*** EXTRACTED MATERIAL Section Begins ***
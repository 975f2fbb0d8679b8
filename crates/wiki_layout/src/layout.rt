// Reads a layout: its document, the rules one after another, and the plan of what keeps them.
ghost use Rattle.std.specs.Prelude.{◌≡◌, ◌≤◌, ◌<◌, true, IfOk, Some, None, if◌then◌else◌, option_map, codes};
ghost use Rattle.std.specs.Str.{is_utf8};
ghost use Rattle.toml.specs.Parse.{parse_document};
ghost use Rattle.toml.specs.View.{table_view};
ghost use Rattle.wiki_model.specs.Limits.{bound_max, slots_min, slots_max};
ghost use Rattle.farm_base.specs.AsModel.{bounds_of, are_allowed};
ghost use Rattle.wiki_layout.specs.Layout.{layout_of, layout_of_document, document_in, plan_in, bounds_in, keeps, kind_at, Number, Weights, weights_at, slots_at};
ghost use Rattle.wiki_layout.specs.AsModel.{plan_of};
ghost use Rattle.wiki_layout.specs.ReadLayout.{Reads, ReadsDocument, IsPlan, IsAllowed, IsAllowedRegion};

use crate::layout_values::{number_at, weights_at};
use crate::rules::{COMMIT_DELAY, EPOCH, PACE, READ_LAG, Rule, SKEW, SLOTS, WORKERS, keeps};
use farm_base::{Bounds, Memory, Moment};
use region_state::{FarmPlan, RegionPlan};
use std::alloc::{AllocError, Global};
use toml::Table;

/// How long a layout may be.
pub const LAYOUT_MAX: usize = 65_536; // bytes

/// Why a text is no layout.
#[derive(Clone, Copy, Debug, PartialEq, Eq)]
pub enum LayoutFault {
    /// It breaks this rule, from 1 to 4, and none before it: it is no document, it has a name that is not known, a
    /// value is not of its kind, a number is out of its range or a list has a length that is not allowed.
    Rule(u8),
    /// Out of memory.
    Memory,
}

impl From<AllocError> for LayoutFault {
    ghost use Rattle.std.specs.Prelude.{◌≡◌};
    ghost use Rattle.wiki_layout.specs.declared.layout.LayoutFault.TheVariants.{Memory};

    ghost from_gives = { λ _ fault. fault ≡ Memory };

    fn from(_error: AllocError) -> LayoutFault {
        LayoutFault::Memory
    }
}

impl From<Memory> for LayoutFault {
    ghost use Rattle.std.specs.Prelude.{◌≡◌};
    ghost use Rattle.wiki_layout.specs.declared.layout.LayoutFault.TheVariants.{Memory};

    ghost from_gives = { λ _ fault. fault ≡ Memory };

    fn from(_error: Memory) -> LayoutFault {
        LayoutFault::Memory
    }
}

/// The plan of the farm that the text lays out. A key that is absent has its default, and the empty text is the default
/// layout. It goes over the text once and over its document three times.
pub fn layout_of(alloc: Global, bytes: &[u8]) -> Result<FarmPlan, LayoutFault>
    // It is what the text says, or the first rule that the text breaks.
    ensures reads { Reads result (layout_of bytes.now) }
    // It is the plan of a farm with the text's setting.
    ensures setting { IfOk result (λ plan. IsPlan bytes.now plan) }
    // A farm may be opened with it, and its caches made with its slots and its bounds.
    ensures allowed { IfOk result (λ plan. IsAllowed plan) }
{
    read_layout(alloc, bytes)
}

// As `layout_of`, without what follows of the plan for a farm.
fn read_layout(alloc: Global, bytes: &[u8]) -> Result<FarmPlan, LayoutFault>
    ensures reads { Reads result (layout_of bytes.now) }
    ensures allowed { IfOk result (λ plan. IsAllowed plan) }
{
    match document_in(alloc, bytes) {
        Ok(document) => layout_in(alloc, &document),
        Err(fault) => Err(fault),
    }
}

// The document, or rule 1.
fn document_in(alloc: Global, bytes: &[u8]) -> Result<Table, LayoutFault>
    ensures { ReadsDocument result (document_in bytes.now) }
{
    if LAYOUT_MAX < bytes.len() {
        return Err(LayoutFault::Rule(1));
    }
    match text_in(bytes) {
        Some(text) => read_text(alloc, text),
        None => Err(LayoutFault::Rule(1)),
    }
}

fn text_in(bytes: &[u8]) -> Option<&str>
    ensures { option_map (λ text. text.now) result ≡ (if is_utf8 bytes.now then Some bytes.now else None) }
{
    match std::str::from_utf8(bytes) {
        Ok(text) => Some(text),
        Err(_) => None,
    }
}

fn read_text(alloc: Global, text: &str) -> Result<Table, LayoutFault>
    ensures { ReadsDocument result (parse_document text.now) }
{
    match toml::table_from_str(alloc, text) {
        Ok(table) => Ok(table),
        Err(error) => if error.is_memory() {
            Err(LayoutFault::Memory)
        } else {
            Err(LayoutFault::Rule(1))
        },
    }
}

// Rules 2 to 4, each over the whole document before the next.
fn layout_in(alloc: Global, document: &Table) -> Result<FarmPlan, LayoutFault>
    ensures reads { Reads result (layout_of_document (Some (table_view document.now))) }
    ensures allowed { IfOk result (λ plan. IsAllowed plan) }
{
    if !keeps(Rule::Names, document) {
        return Err(LayoutFault::Rule(2));
    }
    if !keeps(Rule::Kinds, document) {
        return Err(LayoutFault::Rule(3));
    }
    if !keeps(Rule::Ranges, document) {
        return Err(LayoutFault::Rule(4));
    }
    Ok(plan_in(alloc, document)?)
}

fn plan_in(alloc: Global, document: &Table) -> Result<FarmPlan, Memory>
    requires { keeps Rule.Ranges (table_view document.now) ≡ true }
    ensures says { IfOk result (λ plan. plan_of plan ≡ plan_in (table_view document.now)) }
    ensures allowed { IfOk result (λ plan. IsAllowed plan) }
{
    let home = region_plan_in(alloc, document, "home")?;
    let west = region_plan_in(alloc, document, "west")?;
    Ok(FarmPlan {
        home,
        west,
        epoch: Moment(number_at(document, "farm", "epoch", EPOCH)),
        workers: number_at(document, "farm", "workers", WORKERS) as u8,
        bounds: bounds_in(document),
        pace: number_at(document, "farm", "pace", PACE) as u32,
    })
}

fn region_plan_in(alloc: Global, document: &Table, name: &str) -> Result<RegionPlan, Memory>
    requires kept { keeps Rule.Ranges (table_view document.now) ≡ true }
    requires weights { kind_at name.now (codes "weights") ≡ Some Weights }
    requires slots { kind_at name.now (codes "slots") ≡ Some (Number slots_min slots_max) }
    ensures weights { IfOk result (λ p. p.weights ≡ weights_at name.now (table_view document.now)) }
    ensures slots { IfOk result (λ p. p.slots ≡ slots_at name.now (table_view document.now)) }
    ensures allowed { IfOk result (λ p. IsAllowedRegion p) }
{
    let weights = weights_at(alloc, document, name)?;
    Ok(RegionPlan {
        weights,
        slots: number_at(document, name, "slots", SLOTS) as u32,
    })
}

fn bounds_in(document: &Table) -> Bounds
    requires { keeps Rule.Ranges (table_view document.now) ≡ true }
    ensures says { bounds_of result ≡ bounds_in (table_view document.now) }
    ensures allowed { are_allowed (bounds_of result) ≡ true }
    ensures delay { result.commit_delay ≤ bound_max }
    ensures skew { 0 < result.skew }
{
    Bounds {
        commit_delay: number_at(document, "farm", "commit_delay", COMMIT_DELAY) as u32,
        read_lag: number_at(document, "farm", "read_lag", READ_LAG) as u32,
        skew: number_at(document, "farm", "skew", SKEW) as u32,
    }
}
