// The values of a document that keeps all ranges: its numbers fit their fields, so each cast is exact.
ghost use Rattle.std.specs.Prelude.{◌≡◌, ◌≤◌, ◌<◌, IfOk, IfSome, Some, None, length, codes, true};
ghost use Rattle.toml.specs.Data.{get_member};
ghost use Rattle.toml.specs.View.{view, table_view, items_view};
ghost use Rattle.wiki_model.specs.Limits.{replicas_max};
ghost use Rattle.wiki_layout.specs.Layout.{value_at, natural, number_of, numbers_of_items, numbers_of, number_or, weights_or_one, weights_at, keeps, kind_at, Number, Weights, is_weight, are_weights, all_items};
ghost use Rattle.wiki_layout.specs.AsModel.{data_of};

use crate::rules::{Range, Rule};
use farm_base::{Listed, Memory};
use std::alloc::Global;
use toml::{Table, Value};

/// The number at a key of a table, or the range's default if it is absent.
pub(crate) fn number_at(document: &Table, name: &str, key: &str, range: Range) -> u64
    requires kept { keeps Rule.Ranges (table_view document.now) ≡ true }
    requires kind { kind_at name.now key.now ≡ Some (Number range.least range.greatest) }
    requires least { range.least ≤ range.default }
    requires greatest { range.default ≤ range.greatest }
    ensures value { result ≡ number_or range.default (value_at name.now key.now (table_view document.now)) }
    ensures least { range.least ≤ result }
    ensures greatest { result ≤ range.greatest }
{
    number_or(range.default, value_at(document, name, key))
}

fn value_at<'a>(document: &'a Table, name: &str, key: &str) -> Option<&'a Value>
    ensures { data_of result ≡ value_at name.now key.now (table_view document.now) }
{
    match at_key(document, name) {
        Some(value) => value.get(key),
        None => None,
    }
}

fn at_key<'a>(table: &'a Table, key: &str) -> Option<&'a Value>
    ensures { data_of result ≡ get_member key.now (table_view table.now) }
{
    table.get(key)
}

fn number_or(default: u64, value: Option<&Value>) -> u64
    ensures { result ≡ number_or default (data_of value.entry) }
{
    match value {
        Some(value) => number_of(value),
        None => default,
    }
}

fn number_of(value: &Value) -> u64
    ensures { result ≡ number_of (view value.now) }
{
    match value.as_integer() {
        Some(n) => natural(n),
        None => 0,
    }
}

fn natural(n: i64) -> u64
    ensures { result ≡ natural n }
{
    if n < 0 { 0 } else { n.cast_unsigned() }
}

/// The weights of a region, or a single 1 if there are none.
pub(crate) fn weights_at(alloc: Global, document: &Table, name: &str) -> Result<Listed<u16>, Memory>
    requires kept { keeps Rule.Ranges (table_view document.now) ≡ true }
    requires kind { kind_at name.now (codes "weights") ≡ Some Weights }
    ensures value { IfOk result (λ w. w ≡ weights_at name.now (table_view document.now)) }
    ensures some { IfOk result (λ w. 0 < length w) }
    ensures few { IfOk result (λ w. length w ≤ replicas_max) }
{
    let weights = weights_or_one(alloc, value_at(document, name, "weights"))?;
    Ok(Listed::new(weights))
}

fn weights_or_one(alloc: Global, value: Option<&Value>) -> Result<Vec<u16>, Memory>
    requires { IfSome (data_of value) (λ v. are_weights v ≡ true) }
    ensures { IfOk result (λ w. w.items ≡ weights_or_one (data_of value.entry)) }
{
    match value {
        Some(value) => weights_of(alloc, value),
        None => one_replica(alloc),
    }
}

fn one_replica(alloc: Global) -> Result<Vec<u16>, Memory>
    ensures { IfOk result (λ w. w.items ≡ weights_or_one None) }
{
    let mut weights = Vec::new(alloc);
    weights.push(1)?;
    Ok(weights)
}

fn weights_of(alloc: Global, value: &Value) -> Result<Vec<u16>, Memory>
    requires { are_weights (view value.now) ≡ true }
    ensures { IfOk result (λ w. w.items ≡ numbers_of (view value.now)) }
{
    match value.as_array() {
        Some(items) => weights_of_items(alloc, items),
        None => Ok(Vec::new(alloc)),
    }
}

fn weights_of_items(alloc: Global, items: &[Value]) -> Result<Vec<u16>, Memory>
    requires { all_items is_weight (items_view items.now) ≡ true }
    ensures { IfOk result (λ w. w.items ≡ numbers_of_items (items_view items.now)) }
{
    let mut weights = Vec::new(alloc);
    for item in items {
        weights.push(weight_of(item))?;
    }
    Ok(weights)
}

fn weight_of(value: &Value) -> u16
    requires { is_weight (view value.now) ≡ true }
    ensures { result ≡ number_of (view value.now) }
{
    number_of(value) as u16
}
*** EXTRACTED MATERIAL Section Ends ***
EXERCISE DETAILS:
Would you please copy every line in the data that contains the word "length"?

RESPONSE AREA:
    /// value is not of its kind, a number is out of its range or a list has a length that is not allowed.
ghost use Rattle.std.specs.Prelude.{◌≡◌, ◌≤◌, ◌<◌, IfOk, IfSome, Some, None, length, codes, true};
    ensures some { IfOk result (λ w. 0 < length w) }
    ensures few { IfOk result (λ w. length w ≤ replicas_max) }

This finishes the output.